I thought it was a regular tennis ball? I didn't realize it was a Kong. 

My dog's favorite toy is a Kong ball that is wrapped in cloth and has tails on it. I can't recall what it's called, but it's easier to throw then a normal ball.


----------



## harmony (May 30, 2002)

Lilie said:


> Harmony - Kong makes a large tennis ball that even squeaks. My dogs love them, they are too big to swallow and they don't come apart like regular tennis balls do, so they last a lot longer.

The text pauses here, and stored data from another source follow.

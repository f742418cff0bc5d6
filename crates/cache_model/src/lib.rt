//! What the whole store speaks of: its types, its limits and, in `specs/`, the definitions that every contract cites.
#![tactic(auto)]

mod commands;
mod entries;
mod faults;
mod files;
mod hashing;
mod index;
mod keys;
mod plain;
mod replies;
mod settings;
#[cfg(test)]
mod tests;

pub use commands::{Command, StepKind};
pub use entries::{Answer, Change, Entry, Lifespan, Until};
pub use faults::{BadKind, Damage, ModelFault, Spent, StoreFault};
pub use files::{FileCount, FileKind, FileName, Place};
pub use hashing::hash;
pub use index::{IndexKey, IndexValue};
pub use keys::{KEY_LIMIT, Key, Prefix, VALUE_LIMIT, Value};
pub use plain::PlainCache;
pub use replies::{Figures, KeyList, Reply, Status, Turned};
pub use settings::{Activation, Mode, Settings};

I tried that one time too, and with a few dogs that might not work.


----------



## harmony (May 30, 2002)

Please not let us confuse a working line with a show line  PLEASE!!!


----------



## Jax08 (Feb 13, 2009)

WHAT does a working line vs a show line have to do with tennis balls and choking? There is no logic to that whatsoever...mutts with no objective other than holding down a couch can choke on a tennis ball


----------



## Jax08 (Feb 13, 2009)

Lilie said:


> I thought it was a regular tennis ball? I didn't realize it was a Kong.
> 
> My dog's favorite toy is a Kong ball that is wrapped in cloth and has tails on it. I can't recall what it's called, but it's easier to throw then a normal ball.


yeah...it was a Kong ball. One "sized" for a dog Cash's size.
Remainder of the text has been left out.